For the second time in as many years, HTTPS encryption has turned out to have a huge flaw. This time, it's called DROWN, and it affects more than 11 million servers that use the open source OpenSSL library. But that doesn't make it another Heartbleed, and it doesn't mean it's time to give up on OpenSSL entirely.
DROWN allows attackers to decrypt data by monitoring SSLv2 handshakes. SSLv2 was deprecated a couple of years ago, so in theory this should not be a huge vulnerability. It turns out, however, that many servers -- up to one third of all websites, according to some reports -- still support SSLv2, making them potentially subject to the DROWN attack.
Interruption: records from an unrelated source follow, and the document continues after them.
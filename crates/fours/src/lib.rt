// Four marks as one number, and the tables for four coefficients by themselves.
#![tactic(auto)]

mod tables;

ghost use Rattle.std.specs.Prelude.{◌≡◌, Bool, ◌+◌, ◌≤◌, length};
ghost use Rattle.bits.specs.Bits.{digit};
ghost use Rattle.fours.specs.Words.{word_of, nibble_of, word_at, with_word, low_word, FourBytes, which_are, refined_word, spread_of, count_of};

pub use tables::{parsed_table, picked_table, placed_table, row_table, sent_table};

// The four marks from a place on as one number; 0 where the table has no four.
pub fn word_at(marks: &[u8], place: usize) -> u32
    ensures value { result ≡ word_at marks.now place }
    ensures four_bytes { (place + 4 ≤ length marks.now) → FourBytes marks.now place }
{
    let all = marks.len();
    if all < 4 {
        return 0;
    }
    if all - 4 < place {
        return 0;
    }
    let a = marks[place] as u32;
    let b = marks[place + 1] as u32;
    let c = marks[place + 2] as u32;
    let d = marks[place + 3] as u32;
    a + 256 * b + 65536 * c + 16777216 * d
}

// The four marks from a place on become those of a number; a table that has no four stays as it is.
pub fn set_word(marks: &mut [u8], place: usize, w: u32)
    ensures { marks.new ≡ with_word marks.old place w }
{
    let all = marks.len();
    if all < 4 {
        return;
    }
    if all - 4 < place {
        return;
    }
    marks[place] = (w % 256) as u8;
    marks[place + 1] = (w / 256 % 256) as u8;
    marks[place + 2] = (w / 65536 % 256) as u8;
    marks[place + 3] = (w / 16777216) as u8;
}

// Whether every mark is below MCP.
pub fn low(w: u32) -> bool
    ensures { result ≡ low_word w }
{
    w & 0xfcfcfcfc == 0
}

// Four bytes of 0 or 1 as four bits.
fn gather(x: u32) -> u32
    ensures { (p q s t : Bool) → x ≡ word_of (digit p) (digit q) (digit s) (digit t) → result ≡ nibble_of p q s t }
{
    (((x as u64) * 0x01020408 >> 24) % 16) as u32
}

// Four bits as four bytes of 0 or 1.
pub fn spread(a: u32) -> u32
    ensures { result ≡ spread_of a }
{
    ((a % 16) * 0x00204081) & 0x01010101
}

// Which of the marks are MIP, by their two low bits.
pub fn ones(w: u32) -> u32
    ensures { result ≡ which_are 1 w }
{
    let v = w & 0x03030303;
    gather(v & !(v >> 1) & 0x01010101)
}

// Which of them are MSP.
pub fn threes(w: u32) -> u32
    ensures { result ≡ which_are 3 w }
{
    let v = w & 0x03030303;
    gather(v & (v >> 1) & 0x01010101)
}

// Each MNP becomes MSP.
pub fn refined(w: u32) -> u32
    ensures { result ≡ refined_word w }
{
    let v = w & 0x03030303;
    w + ((v >> 1) & !v & 0x01010101)
}

// How many of four bits are 1.
pub fn count(k: u32) -> u32
    ensures { result ≡ count_of k }
{
    ((0x4332322132212110u64 >> (4 * (k % 16))) % 16) as u32
}
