//! Ids by hand, and every decision, also where two reasons stand together.

use sm_counters::Count;
use sm_resume::{Decision, Facts, ResumeId, decide};
use std::alloc::AllocError;

// The digits `000102030405060708090a0b0c0d0e0f`.
const DIGITS: [u8; 16] = [0, 1, 2, 3, 4, 5, 6, 7, 8, 9, 10, 11, 12, 13, 14, 15];

// The digits `ffeeddccbbaa99887766554433221100`.
const FALLING: [u8; 16] = [
    255, 238, 221, 204, 187, 170, 153, 136, 119, 102, 85, 68, 51, 34, 17, 0,
];

#[test]
fn numbers_are_read(rt: HostRuntime) {
    let cases = [
        ("0-000102030405060708090a0b0c0d0e0f", Some(0)),
        ("1-000102030405060708090a0b0c0d0e0f", Some(1)),
        ("907-000102030405060708090a0b0c0d0e0f", Some(907)),
        (
            "18446744073709551615-000102030405060708090a0b0c0d0e0f",
            Some(18446744073709551615),
        ),
        (
            "18446744073709551616-000102030405060708090a0b0c0d0e0f",
            None,
        ),
        (
            "99999999999999999999-000102030405060708090a0b0c0d0e0f",
            None,
        ),
        (
            "100000000000000000000-000102030405060708090a0b0c0d0e0f",
            None,
        ),
        ("01-000102030405060708090a0b0c0d0e0f", None),
        ("00-000102030405060708090a0b0c0d0e0f", None),
        ("+1-000102030405060708090a0b0c0d0e0f", None),
        (" 1-000102030405060708090a0b0c0d0e0f", None),
        ("1a-000102030405060708090a0b0c0d0e0f", None),
        ("-000102030405060708090a0b0c0d0e0f", None),
    ];
    for (text, session) in cases {
        let want = session.map(|session| ResumeId {
            session,
            digits: DIGITS,
        });
        assert_eq!(rt; ResumeId::read(text.as_bytes()), want, "{text}");
    }
}

#[test]
fn digits_are_read(rt: HostRuntime) {
    let cases = [
        ("1-ffeeddccbbaa99887766554433221100", Some(FALLING)),
        ("1-000102030405060708090a0b0c0d0e0f", Some(DIGITS)),
        ("1-000102030405060708090A0b0c0d0e0f", None),
        ("1-000102030405060708090a0b0c0d0e0F", None),
        ("1-000102030405060708090a0b0c0d0e0g", None),
        ("1-000102030405060708090a0b0c0d0e0", None),
        ("1-000102030405060708090a0b0c0d0e0f0", None),
        ("1-", None),
        ("", None),
        ("1000102030405060708090a0b0c0d0e0f", None),
        ("1 000102030405060708090a0b0c0d0e0f", None),
        ("1--000102030405060708090a0b0c0d0e0f", None),
        ("1-0001020304050607-8090a0b0c0d0e0f", None),
        ("1-000102030405060708090a0b0c0d0e0f-", None),
    ];
    for (text, digits) in cases {
        let want = digits.map(|digits| ResumeId { session: 1, digits });
        assert_eq!(rt; ResumeId::read(text.as_bytes()), want, "{text}");
    }
}

#[test]
fn ids_are_written(rt: HostRuntime) -> Result<(), AllocError> {
    let cases = [
        (0, DIGITS, "id=0-000102030405060708090a0b0c0d0e0f"),
        (10, FALLING, "id=10-ffeeddccbbaa99887766554433221100"),
        (
            18446744073709551615,
            DIGITS,
            "id=18446744073709551615-000102030405060708090a0b0c0d0e0f",
        ),
    ];
    for (session, digits, want) in cases {
        let mut out = Vec::from_slice(rt.alloc(), b"id=")?;
        ResumeId { session, digits }.write(&mut out)?;
        assert!(rt; out.as_slice() == want.as_bytes(), "{want}");
    }
    Ok(())
}

// The answer to a client of the session with the digits `DIGITS` of whose entries those after the
// count 4294967294 were kept, up to the count 2.
fn answer(digits: [u8; 16], yours: bool, ended: bool, h: u32) -> Decision {
    let id = ResumeId {
        session: 1,
        digits: DIGITS,
    };
    let kept = Count(4294967294);
    decide(
        &id,
        Some(&Facts {
            digits,
            yours,
            ended,
            kept,
            sent: Count(2),
        }),
        Count(h),
    )
}

#[test]
fn the_first_reason_decides(rt: HostRuntime) {
    let too_high = Decision::TooHigh {
        h: 3,
        kept: 4294967294,
        sent: 2,
    };
    let cases = [
        (DIGITS, true, false, 1, Decision::Take(3)),
        (DIGITS, true, false, 3, too_high),
        (DIGITS, true, true, 1, Decision::Ended),
        (DIGITS, true, true, 3, Decision::Ended),
        (DIGITS, false, false, 1, Decision::NotYours),
        (DIGITS, false, false, 3, Decision::NotYours),
        (DIGITS, false, true, 1, Decision::NotYours),
        (DIGITS, false, true, 3, Decision::NotYours),
        (FALLING, true, false, 1, Decision::Unknown),
        (FALLING, true, false, 3, Decision::Unknown),
        (FALLING, true, true, 1, Decision::Unknown),
        (FALLING, false, false, 1, Decision::Unknown),
        (FALLING, false, true, 3, Decision::Unknown),
    ];
    for (i, (digits, yours, ended, h, want)) in cases.iter().enumerate() {
        assert_eq!(rt; answer(*digits, *yours, *ended, *h), *want, "case {i}");
    }
    let id = ResumeId {
        session: 1,
        digits: DIGITS,
    };
    assert_eq!(rt; decide(&id, None, Count(0)), Decision::Unknown);
}

#[test]
fn counts_are_taken_across_the_wrap(rt: HostRuntime) {
    let cases = [(4294967294, 0), (4294967295, 1), (0, 2), (1, 3), (2, 4)];
    for (h, entries) in cases {
        assert_eq!(rt;
            answer(DIGITS, true, false, h),
            Decision::Take(entries),
            "{h}"
        );
    }
    for h in [3, 2147483648, 4294967293] {
        let want = Decision::TooHigh {
            h,
            kept: 4294967294,
            sent: 2,
        };
        assert_eq!(rt; answer(DIGITS, true, false, h), want, "{h}");
    }
}

// The last byte alone tells these digits from the session's.
#[test]
fn every_digit_counts(rt: HostRuntime) {
    let mut digits = DIGITS;
    digits[15] = 14;
    assert_eq!(rt; answer(digits, true, false, 1), Decision::Unknown);
}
Worse, the attack affects not just HTTPS-encrypted websites, but some email servers, too.
The DROWN vulnerability impacts any encryption software that supports SSLv2. But with the announcement of the threat, most eyes immediately turned to OpenSSL, the open source encryption library that is widely used.
OpenSSL developers had already issued a patch to prevent DROWN attacks as of March 1. Still, the threat naturally gave rise to even more doubts about OpenSSL. It led some observers to question why so many websites keep using it, given the number of serious OpenSSL-related security vulnerabilities that have cropped up in recent years. The most famous of those was Heartbleed, but that was not the only one. Another serious OpenSSL security bug appeared just a few weeks ago.
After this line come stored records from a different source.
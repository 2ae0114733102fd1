//! Logins, lists of accounts and resumed streams, as tables of values from outside or by hand: tests of `hmac_kdf`, `scram_core`, `account_book`,
//! `sm_counters`, `sm_queue` and `sm_resume` by their public calls. They stand apart from these crates, since a crate with tests is proved twice.
#![tactic(auto)]

#[cfg(test)]
mod account_lists;
#[cfg(test)]
mod counts;
#[cfg(test)]
mod exchanges;
#[cfg(test)]
mod keyed_hashes;
#[cfg(test)]
mod login_texts;
#[cfg(test)]
mod queues;
#[cfg(test)]
mod resumptions;
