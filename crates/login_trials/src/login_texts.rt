//! Login texts outside the grammar of RFC 5802, section 7, and the limits of nonces: where each is told to be malformed.

use crate::exchanges::{FIRST_1, answer_of, is_answer, name_of};
use scram_core::*;
use std::alloc::Global;
use std::test::Fail;

// A first text, and the length of its longest front that begins one.
type PlaceCase = (&'static [u8], usize);

#[test]
fn first_texts_outside_the_grammar(rt: HostRuntime) {
    let cases: [PlaceCase; 28] = [
        (b"", 0),
        (b"n,,x=1,n=u,r=a", 3),
        (b"p=tls-unique,,n=u,r=a", 0),
        (b"N,,n=u,r=a", 0),
        (b"n,m=1,n=u,r=a", 2),
        (b"n,,m=1,n=u,r=a", 3),
        (b"n,,n=u,m=1,r=a", 7),
        (b"n,,n=u,r=a,m=1", 11),
        (b"n,,n=u,r=a,p=1", 11),
        (b"n,,n=u,r=a,xx=1", 12),
        (b"n,,n=u,r=a,x=,y=1", 13),
        (b"n,,n=u,r=a,x=\x00", 13),
        (b"n,,n=u,r=a,", 11),
        (b"n,a=foo,n=foo,r=a", 7),
        (b"n,a=@x,n=x,r=a", 6),
        (b"n,a=x@,n=x,r=a", 6),
        (b"n,a=,n=x,r=a", 4),
        (b"n,,n=,r=a", 5),
        (b"n,,n=a=2D,r=a", 8),
        (b"n,,n=a=4,r=a", 7),
        (b"n,,n=a=3d,r=a", 8),
        (b"n,,n=\xc0\x80,r=a", 5),
        (b"n,,n=\xc3(,r=a", 6),
        (b"n,,n=\xe0\x80\x80,r=a", 6),
        (b"n,,n=\xed\xa0\x80,r=a", 6),
        (b"n,,n=\xf4\x90\x80\x80,r=a", 6),
        (b"n,,n=\xe2\x82,r=a", 7),
        (b"n,,n=u,r=\xc3\xa9", 9),
    ];
    for (i, (first, place)) in cases.iter().enumerate() {
        let fault = Err(ScramFault::Malformed(*place));
        assert!(rt; is_answer(&name_of(rt.alloc(), first), &fault), "case {i}");
    }
}

#[test]
fn last_texts_outside_the_grammar(rt: HostRuntime) {
    let cases: [PlaceCase; 17] = [
        (b"", 0),
        (b"m=1,c=biws,r=a,p=", 0),
        (b"c=biws,m=1,r=a,p=", 7),
        (b"c=biws,x=1,r=a,p=", 7),
        (b"c=biws,r=a,m=1,p=", 11),
        (b"c=biws,r=a,c=,p=", 11),
        (b"c=biws,r=a,p=,x=1", 13),
        (b"c=biws,r=a,pp", 12),
        (b"c=biws,r=a,x=1", 14),
        (b"c=biws,r=a", 10),
        (b"c=biw,r=a,p=", 5),
        (b"c=bix=,r=a,p=", 5),
        (b"c=bi==,r=a,p=", 4),
        (b"c=b===,r=a,p=", 3),
        (b"c=biws=,r=a,p=", 6),
        (b"c=bi-s,r=a,p=", 4),
        (b"c= iws,r=a,p=", 2),
    ];
    for (i, (last, place)) in cases.iter().enumerate() {
        let answer = answer_of(
            rt.alloc(),
            Mechanism::Sha1,
            &[FIRST_1, *last],
            Found::Unknown([0; 16]),
        );
        assert!(rt;
            is_answer(&answer, &Err(ScramFault::Malformed(*place))),
            "case {i}"
        );
    }
}

fn first_with_nonce(alloc: Global, bytes: usize) -> Result<Vec<u8>, Fail> {
    let mut text = Vec::from_slice(alloc, b"n,,n=u,r=")?;
    for _ in 0..bytes {
        text.push(b'~')?;
    }
    Ok(text)
}

// RFC 5802 sets no limit on a nonce. Here it has at most 256 bytes in the first text, and 512 in the last.
#[test]
fn nonces_of_the_first_text_have_a_limit(rt: HostRuntime) -> Result<(), Fail> {
    let cases: [(usize, Result<&[u8], ScramFault>); 5] = [
        (0, Err(ScramFault::Malformed(9))),
        (1, Ok(b"u")),
        (256, Ok(b"u")),
        (257, Err(ScramFault::Malformed(265))),
        (512, Err(ScramFault::Malformed(265))),
    ];
    for (bytes, want) in cases.iter() {
        let first = first_with_nonce(rt.alloc(), *bytes)?;
        let name = name_of(rt.alloc(), first.as_slice());
        assert!(rt; is_answer(&name, want), "{bytes} bytes");
    }
    Ok(())
}

fn last_with_nonce(alloc: Global, bytes: usize) -> Result<Vec<u8>, Fail> {
    let mut text = Vec::from_slice(alloc, b"c=biws,r=")?;
    for _ in 0..bytes {
        text.push(b'!')?;
    }
    text.extend_from_slice(b",p=")?;
    Ok(text)
}

#[test]
fn nonces_of_the_last_text_have_a_limit(rt: HostRuntime) -> Result<(), Fail> {
    let cases: [(usize, ScramFault); 5] = [
        (0, ScramFault::Malformed(9)),
        (1, ScramFault::NonceDiffers),
        (256, ScramFault::NonceDiffers),
        (512, ScramFault::NonceDiffers),
        (513, ScramFault::Malformed(521)),
    ];
    for (bytes, want) in cases.iter() {
        let last = last_with_nonce(rt.alloc(), *bytes)?;
        let texts = [FIRST_1, last.as_slice()];
        let answer = answer_of(rt.alloc(), Mechanism::Sha1, &texts, Found::Unknown([0; 16]));
        assert!(rt; is_answer(&answer, &Err(*want)), "{bytes} bytes");
    }
    Ok(())
}

// What is said of the front of this length: that it is malformed where it ends, unless it is whole.
fn is_placed(answer: &Result<Vec<u8>, ScramFault>, length: usize, whole: &[usize]) -> bool {
    match answer {
        Err(ScramFault::Malformed(place)) => *place == length && !whole.contains(&length),
        _ => whole.contains(&length),
    }
}

#[test]
fn texts_cut_after_every_byte(rt: HostRuntime) {
    let first: &[u8] =
        b"y,a=a=2Cb=3Dc\xc3\xa9@\xe2\x82\xac,n=\xf0\x9f\x98\x80=2C,r=abc,x=1\xc3\xa9,Q==z";
    for n in 0..=first.len() {
        let name = name_of(rt.alloc(), &first[..n]);
        assert!(rt; is_placed(&name, n, &[33, 34, 35, 39, 41, 45, 46]), "{n}");
    }
    let last: &[u8] = b"c=biws,r=abc,x=1,B=\xe2\x82\xac,p=v0X8v3Bzdg==";
    for n in 0..=last.len() {
        let texts = [FIRST_1, &last[..n]];
        let answer = answer_of(rt.alloc(), Mechanism::Sha1, &texts, Found::Unknown([0; 16]));
        assert!(rt; is_placed(&answer, n, &[25, 29, 33, 37]), "{n}");
    }
}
As cryptographer Matt Green told Ars Technica, for example, "It's amazing to me that we keep finding one or two of these [vulnerabilities] per year for protocols that are this old. This shouldn't keep happening."
In this case, however, it seems unfair to blame OpenSSL, or the open source cryptography community, for the flaw. DROWN is not OpenSSL-specific, and -- unlike Heartbleed -- it does not involve a fundamental cryptography flaw in code deemed safe as much as it stems from poor configurations of servers that rely on software (SSLv2) no longer known to be secure.
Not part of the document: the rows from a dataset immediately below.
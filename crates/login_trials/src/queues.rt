//! Queues by hand, on either side of a wrap (XEP-0198, 4 and 5).

use sm_counters::Count;
use sm_queue::{MAX_WAITING_ENTRIES, SmQueue, TooHigh};
use stanza_tree::{Entry, Origin, Text};
use std::alloc::Global;
use std::process::Abort;
use std::test::Fail;

const LAST: u32 = 4294967295;

// What is done with a queue.
#[derive(Clone, Copy)]
enum Step {
    Push(u8),
    Sent,
    Ack(u32),
    Rewind(u32),
    Forget,
    Begin,
}

use Step::{Ack, Begin, Forget, Push, Rewind, Sent};

// A step; whether it was refused; how many wait afterwards, which is to be sent next, and the counts of
// what is kept and of what was sent.
type Case = (Step, bool, usize, Option<u8>, u32, u32);

// An entry whose text is this byte, and whose frame has eight.
fn entry_of(alloc: Global, name: u8) -> Result<Entry, Fail> {
    Ok(Entry {
        to: Text::of(alloc, b"a")?,
        rest: Text::of(alloc, &[name])?,
        origin: Origin::Direct,
    })
}

fn push<R: Abort>(rt: &R, queue: &mut SmQueue, entry: Entry) -> Result<(), Fail> {
    queue.reserve(1)?;
    let room = queue.room_for(&entry);
    assert!(rt; room.is_some());
    if let Some(bytes) = room {
        queue.push(entry, bytes);
    }
    Ok(())
}

// Does the step, and answers its refusal.
fn take<R: Abort>(
    rt: &R,
    alloc: Global,
    queue: &mut SmQueue,
    step: Step,
) -> Result<Option<TooHigh>, Fail> {
    match step {
        Push(name) => push(rt, queue, entry_of(alloc, name)?)?,
        Sent => {
            assert!(rt; queue.next_unsent().is_some());
            queue.mark_sent();
        }
        Ack(h) => return Ok(queue.ack(Count(h)).err()),
        Rewind(h) => return Ok(queue.rewind(Count(h)).err()),
        Forget => queue.forget_sent(),
        Begin => queue.begin_count(),
    }
    Ok(None)
}

// The refusal that tells these counts.
fn refusal(step: Step, kept: u32, sent: u32) -> Option<TooHigh> {
    match step {
        Ack(h) => Some(TooHigh { h, kept, sent }),
        Rewind(h) => Some(TooHigh { h, kept, sent }),
        _ => None,
    }
}

fn next_of(queue: &SmQueue) -> Option<u8> {
    queue.next_unsent()?.rest.bytes().first().copied()
}

fn check<R: Abort>(
    rt: &R,
    alloc: Global,
    queue: &mut SmQueue,
    i: usize,
    case: &Case,
) -> Result<(), Fail> {
    let (step, refused, len, next, kept, sent) = *case;
    let want = if refused {
        refusal(step, kept, sent)
    } else {
        None
    };
    assert!(rt; take(rt, alloc, queue, step)? == want, "step {i}");
    assert!(rt;
        queue.len() == len && queue.bytes() == 8 * len as u64,
        "step {i}"
    );
    assert!(rt; next_of(queue) == next, "step {i}");
    assert!(rt;
        queue.kept() == Count(kept) && queue.sent() == Count(sent),
        "step {i}"
    );
    Ok(())
}

const ACROSS_THE_WRAP: &[Case] = &[
    (Push(b'1'), false, 1, Some(b'1'), LAST - 1, LAST - 1),
    (Push(b'2'), false, 2, Some(b'1'), LAST - 1, LAST - 1),
    (Push(b'3'), false, 3, Some(b'1'), LAST - 1, LAST - 1),
    (Push(b'4'), false, 4, Some(b'1'), LAST - 1, LAST - 1),
    (Ack(LAST), true, 4, Some(b'1'), LAST - 1, LAST - 1),
    (Sent, false, 4, Some(b'2'), LAST - 1, LAST),
    (Sent, false, 4, Some(b'3'), LAST - 1, 0),
    (Ack(1), true, 4, Some(b'3'), LAST - 1, 0),
    (Sent, false, 4, Some(b'4'), LAST - 1, 1),
    (Sent, false, 4, None, LAST - 1, 2),
    (Ack(3), true, 4, None, LAST - 1, 2),
    (Ack(LAST - 2), true, 4, None, LAST - 1, 2),
    (Ack(LAST - 1), false, 4, None, LAST - 1, 2),
    (Ack(1), false, 1, None, 1, 2),
    (Ack(0), true, 1, None, 1, 2),
    (Ack(2), false, 0, None, 2, 2),
    (Ack(2), false, 0, None, 2, 2),
];

const SENT_AGAIN: &[Case] = &[
    (Push(b'1'), false, 1, Some(b'1'), LAST, LAST),
    (Sent, false, 1, None, LAST, 0),
    (Push(b'2'), false, 2, Some(b'2'), LAST, 0),
    (Sent, false, 2, None, LAST, 1),
    (Push(b'3'), false, 3, Some(b'3'), LAST, 1),
    (Rewind(2), true, 3, Some(b'3'), LAST, 1),
    (Rewind(0), false, 2, Some(b'2'), 0, 0),
    (Rewind(1), true, 2, Some(b'2'), 0, 0),
    (Sent, false, 2, Some(b'3'), 0, 1),
    (Sent, false, 2, None, 0, 2),
    (Rewind(0), false, 2, Some(b'2'), 0, 0),
    (Sent, false, 2, Some(b'3'), 0, 1),
    (Rewind(1), false, 1, Some(b'3'), 1, 1),
];

const NOT_COUNTED: &[Case] = &[
    (Push(b'1'), false, 1, Some(b'1'), 0, 0),
    (Push(b'2'), false, 2, Some(b'1'), 0, 0),
    (Sent, false, 2, Some(b'2'), 0, 1),
    (Forget, false, 1, Some(b'2'), 1, 1),
    (Push(b'3'), false, 2, Some(b'2'), 1, 1),
    (Sent, false, 2, Some(b'3'), 1, 2),
    (Begin, false, 1, Some(b'3'), 0, 0),
    (Ack(1), true, 1, Some(b'3'), 0, 0),
    (Sent, false, 1, None, 0, 1),
    (Ack(1), false, 0, None, 1, 1),
];

#[test]
fn queues_follow_counts(rt: HostRuntime) -> Result<(), Fail> {
    let stories = [
        (LAST - 1, ACROSS_THE_WRAP),
        (LAST, SENT_AGAIN),
        (0, NOT_COUNTED),
    ];
    for (start, cases) in stories {
        let mut queue = SmQueue::starting(rt.alloc(), Count(start));
        queue.reserve(4)?;
        for (i, case) in cases.iter().enumerate() {
            check(&rt, rt.alloc(), &mut queue, i, case)?;
        }
    }
    Ok(())
}

#[test]
fn five_thousand_wait(rt: HostRuntime) -> Result<(), Fail> {
    let mut queue = SmQueue::new(rt.alloc());
    for _sent in 0..MAX_WAITING_ENTRIES {
        push(&rt, &mut queue, entry_of(rt.alloc(), b'1')?)?;
    }
    assert_eq!(rt; queue.len(), 5000);
    assert!(rt; queue.room_for(&entry_of(rt.alloc(), b'1')?).is_none());
    Ok(())
}

// The frames of `to='a'` and a text have the text's bytes and seven more.
#[test]
fn four_mebibytes_wait(rt: HostRuntime) -> Result<(), Fail> {
    let cases = [(4_194_289, true), (4_194_290, false)];
    for (rest, fits) in cases {
        let mut queue = SmQueue::new(rt.alloc());
        push(&rt, &mut queue, entry_of(rt.alloc(), b'1')?)?;
        let mut bytes = Vec::new(rt.alloc());
        bytes.resize(rest, b'x')?;
        let entry = Entry {
            to: Text::of(rt.alloc(), b"a")?,
            rest: Text::of(rt.alloc(), bytes.as_slice())?,
            origin: Origin::Direct,
        };
        assert_eq!(rt; queue.room_for(&entry).is_some(), fits);
    }
    Ok(())
}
Yehuda Lindell, founder of security company Dyadic, perhaps put it best. "This is not another heartbleed in the sense that heartbleed was incredibly easy to exploit," he told The VAR Guy, adding that DROWN "is a very serious attack, but can be prevented quite easily."
In Lindell's view, the real danger is from poorly configured servers, not the developers of encryption software like OpenSSL. "It was recommended to disable SSLv2 (and even SSL v3) already a long time ago," he said. "The fact that so many servers still support it in itself demonstrates a huge problem: the people managing websites and securing them often do not have the know-how or resources to do it properly."
We agree. It's tempting to panic about DROWN as another Heartbleed, and blame the encryption developers. But that's unfair in this case.